Bienvenidos a esta reflexión desde la Palabra de Dios en el V Domingo del tiempo Ordinario.

A Jesús lo sigue escuchando una multitud en el Sermón de la Montaña, sus discípulos están cerca de Él; así que después de las bienaventuranzas, les deja claro que no es sólo una doctrina o mensaje que quedará en el viento, sino un compromiso de vida, y ellos serán los que a través de su estilo de vida van a ser fermento para que ese mensaje se difunda y se viva. Podemos decir que está dando los lineamientos del perfil de todo cristiano y define de forma atractiva con dos imágenes la identidad de sus seguidores, les dice: “Ustedes son la sal de la tierra… ustedes son la luz del mundo”. Escuchemos bien, “son la sal de la tierra”, no les dice “un día llegarán a ser sal”, si ustedes quieren “pueden llegar a ser sal”; no les pregunta: “¿quieren ser sal?”. Es más bien un afirmativo, que se realiza en el aquí y en el ahora; es decir, “ya son sal”, “ya son luz”, su misión en la tierra ya ha iniciado.

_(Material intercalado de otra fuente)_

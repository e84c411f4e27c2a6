//! New variables.

ghost use Rattle.std.specs.Prelude.{◌≡◌, ◌+◌, ◌*◌, ◌++◌, ◌≤◌, All, IfErr, List, OnOk, Some, length, map};
ghost use Rattle.cell_heap.specs.Follows.{Follows};
ghost use Rattle.cell_heap.specs.Soundness.{ValueBelow};
ghost use Rattle.cell_heap.specs.declared.refusal.CellRefusal.TheVariants.{Memory};
ghost use Rattle.model_values.specs.Cells.{heap_bytes, no_room};
ghost use Rattle.model_values.specs.Limits.{product_limits};
ghost use Rattle.model_values.specs.declared.cell.Cell.TheVariants.{Variable};
ghost use Rattle.model_values.specs.declared.value.Value.{Value as HeldValue};
ghost use Rattle.cps_frames.specs.Changes.{Done};
ghost use Rattle.cps_frames.specs.Standing.{standing};
ghost use Rattle.cps_frames.specs.declared.thread.ThreadState.{ThreadState as Thread};
ghost use Rattle.cps_calls.specs.Calls.{given_null, making};

use cell_heap::{CellRefusal, Heap};
use cps_frames::Shared;
use model_values::{Cell, LimitKind, Value};
use value_ops::{MAX_BYTES, MAX_CELLS};
use value_view::OpRefusal;

/// The heap bytes of a variable.
const VARIABLE: u64 = 16;

/// A new variable for each of these values, in cells in a row: all of them or none. `OpRefusal::Limit` where they pass a limit on
/// cells or, else, on heap bytes; `OpRefusal::Memory` where the memory was refused.
pub(crate) fn new_variables(shared: &mut Shared, values: &[Value]) -> Result<(), OpRefusal>
    requires { All (ValueBelow (length shared.old.heap.cells)) values.now }
    ensures done { (t : Thread) → Done (making values.now) (standing shared.old t) (given_null result) (standing shared.new t) }
    ensures few { OnOk result (length shared.old.heap.cells + length values.now ≤ 1048576) }
    ensures rest { shared.new ≡ record shared.old { heap = shared.new.heap } }
{
    check_room(&shared.heap, values.len())?;
    push_variables(&mut shared.heap, values)?;
    Ok(())
}

/// Whether so many new variables pass a limit.
fn check_room(heap: &Heap, count: usize) -> Result<(), LimitKind>
    ensures few { OnOk result (length heap.now.cells + count ≤ 1048576) }
    ensures small { OnOk result (heap_bytes heap.now.cells + 16 * count ≤ 268435456) }
    ensures limit { IfErr result (λ limit. (vs : List HeldValue) → length vs ≡ count → no_room product_limits heap.now.cells (map Variable vs) ≡ Some limit) }
{
    if (heap.len() as usize).saturating_add(count) > MAX_CELLS {
        return Err(LimitKind::Cells);
    }
    if heap.bytes().saturating_add(VARIABLE * count as u64) > MAX_BYTES {
        return Err(LimitKind::HeapBytes);
    }
    Ok(())
}

/// Makes these variables, for which there is room under the limits.
fn push_variables(heap: &mut Heap, values: &[Value]) -> Result<(), CellRefusal>
    requires values { All (ValueBelow (length heap.old.cells)) values.now }
    requires few { length heap.old.cells + length values.now ≤ 1048576 }
    requires small { heap_bytes heap.old.cells + 16 * length values.now ≤ 268435456 }
    ensures cells { OnOk result (heap.new.cells ≡ heap.old.cells ++ map Variable values.now) }
    ensures follows { Follows heap.old heap.new }
    ensures memory { IfErr result (λ refusal. refusal ≡ Memory) }
{
    for value in values {
        heap.new_cell(Cell::Variable(*value))?;
    }
    Ok(())
}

Por nuestro bautismo somos sal de la tierra y luz del mundo; es algo propio de nuestro ser cristiano. Nuestra FE no termina en conceptos, nuestra fe se muestra en la vida ordinaria y ésta es capaz de iluminar las realidades oscuras de nuestra sociedad y de dar sabor y sentido a aquellas dificultades que por anunciar y vivir el Evangelio nos cuesta comprender. La sal es un elemento indispensable para la vida: sazona los alimentos, purifica y preserva de la corrupción. La comida sin sal no tiene sabor, es insípida, no agrada al paladar. Jesús nos ha dado la sal para dar sabor, y la sal tiene sentido si da sabor a las cosas, de lo contrario, será un producto inservible que habría que tirar. Para dar sabor y servir como condimento, la sal tiene que diluirse, tiene que perder su estado de sal; es su objetivo servir para condimentar, aunque condimentando tiene que desaparecer. Así la comunidad cristiana no existe para sí misma, sino para servir y dar testimonio de Cristo. Así como el arte de la sal radica en disolverse, en llegar a ser nada para dar el toque al todo, así ha de ser la comunidad cristiana.

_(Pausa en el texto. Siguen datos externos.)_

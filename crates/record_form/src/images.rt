//! Frames, threads and whole images.

ghost use Rattle.std.specs.Prelude.{◌≡◌};
ghost use Rattle.image_form.specs.Images.{first_form, image_parts, other_form};
ghost use Rattle.record_form.specs.Sizes.{size_in};

use crate::{Measured, Sizing, list_size};
use field_form::{ByExecutor, ByNumber, Counted};
use image_form::{ByName, ByThread, Image, ImageFrame, ImageThread};
use model_run::{FlowNode, Held, OpenRequest};
use model_values::Binding;

impl Measured for ImageFrame {
    fn size(&self) -> u64 {
        self.env
            .size()
            .saturating_add(self.values.size())
            .saturating_add(9)
    }
}

impl Sizing<ImageThread> for ByThread {
    fn size(_before: &[ImageThread], thread: &ImageThread) -> u64 {
        thread
            .parent
            .size()
            .saturating_add(thread.wait.size())
            .saturating_add(thread.context.size())
            .saturating_add(thread.frames.size())
            .saturating_add(8)
    }
}

impl Sizing<Binding> for ByName {
    fn size(_before: &[Binding], binding: &Binding) -> u64 {
        binding.size()
    }
}

impl Measured for Image {
    fn size(&self) -> u64 {
        first_size(self).saturating_add(others_size(self))
    }
}

fn first_size(image: &Image) -> u64
    ensures { result ≡ size_in first_form (image_parts image.now).0 }
{
    list_size::<Binding, ByName>(&image.bindings)
        .saturating_add(image.cells.size())
        .saturating_add(10)
}

fn others_size(image: &Image) -> u64
    ensures { result ≡ size_in other_form (image_parts image.now).1 }
{
    list_size::<FlowNode, Counted>(&image.nodes)
        .saturating_add(image.log.size())
        .saturating_add(list_size::<OpenRequest, ByNumber>(&image.requests))
        .saturating_add(list_size::<Held, ByExecutor>(&image.held))
        .saturating_add(list_size::<ImageThread, ByThread>(&image.threads))
}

Jesús ve a sus discípulos, hombres y mujeres, que son sal de la tierra; personas capaces de darle sabor a la vida. El Evangelio que nos trae Jesús, es para vivir con alegría en cada circunstancia, por difícil que parezca. Pero al pasar de los años, pareciera que nuestro cristianismo ha ido perdiendo el sabor, lo expresa así el teólogo ortodoxo ruso Paul Evdokimov: “Los cristianos han hecho todo lo posible para esterilizar el Evangelio; se diría que lo han sumergido en un líquido neutralizante. Se amortigua todo lo que impresiona. Convertido así en algo inofensivo, esta religión aplanada, prudente y razonable, el hombre no puede sino vomitarla ¿de dónde procede este cristianismo?”. Ese teólogo nos dice en pocas palabras, que nosotros cristianos hemos dejado de ser sal, no somos capaces de dar sabor a nuestra cultura, a nuestro mundo; vivimos al gusto nuestro, no al de Cristo, aunque nos digamos cristianos. Echemos un vistazo a nuestra manera de ser cristianos y veremos que es verdad también lo que dice Marcel More: “Los cristianos han encontrado la manera de sentarse, no sabemos cómo, de forma confortable en la cruz”. Parece que nuestro cristianismo fuera una doctrina que sólo debe saberse y nos olvidamos que es un estilo de vida.

Hoy el mundo necesita testigos vivientes del Evangelio, hombres y mujeres que le den sabor a la vida rutinaria en la que se ha caído. Somos sal de la tierra, esa sal que preserva y no permite que las costumbres y con ellas las personas se corrompan. Este Evangelio es un llamado para mantenernos libres frente a la idolatría del dinero y frente al bienestar material, frente al hedonismo. La cultura en la cual estamos insertos como cristianos, cada vez nos conduce a esa lucha por las cosas materiales, pero cuando las buscamos sin tener en el horizonte a Dios, esos bienes materiales pueden esclavizarnos, corrompernos y producen marginación. Jesús nos llama a ser agentes de solidaridad responsable con los más necesitados. Es allí donde la sal del Evangelio adquiere toda su riqueza; es allí donde los cristianos mostramos ser luz del mundo. Cuando la Iglesia no es luz del mundo, sino que también aporta oscuridad, por el pecado de los fieles laicos y de nosotros sacerdotes, podemos decir que falta renovación para ser sal de la tierra.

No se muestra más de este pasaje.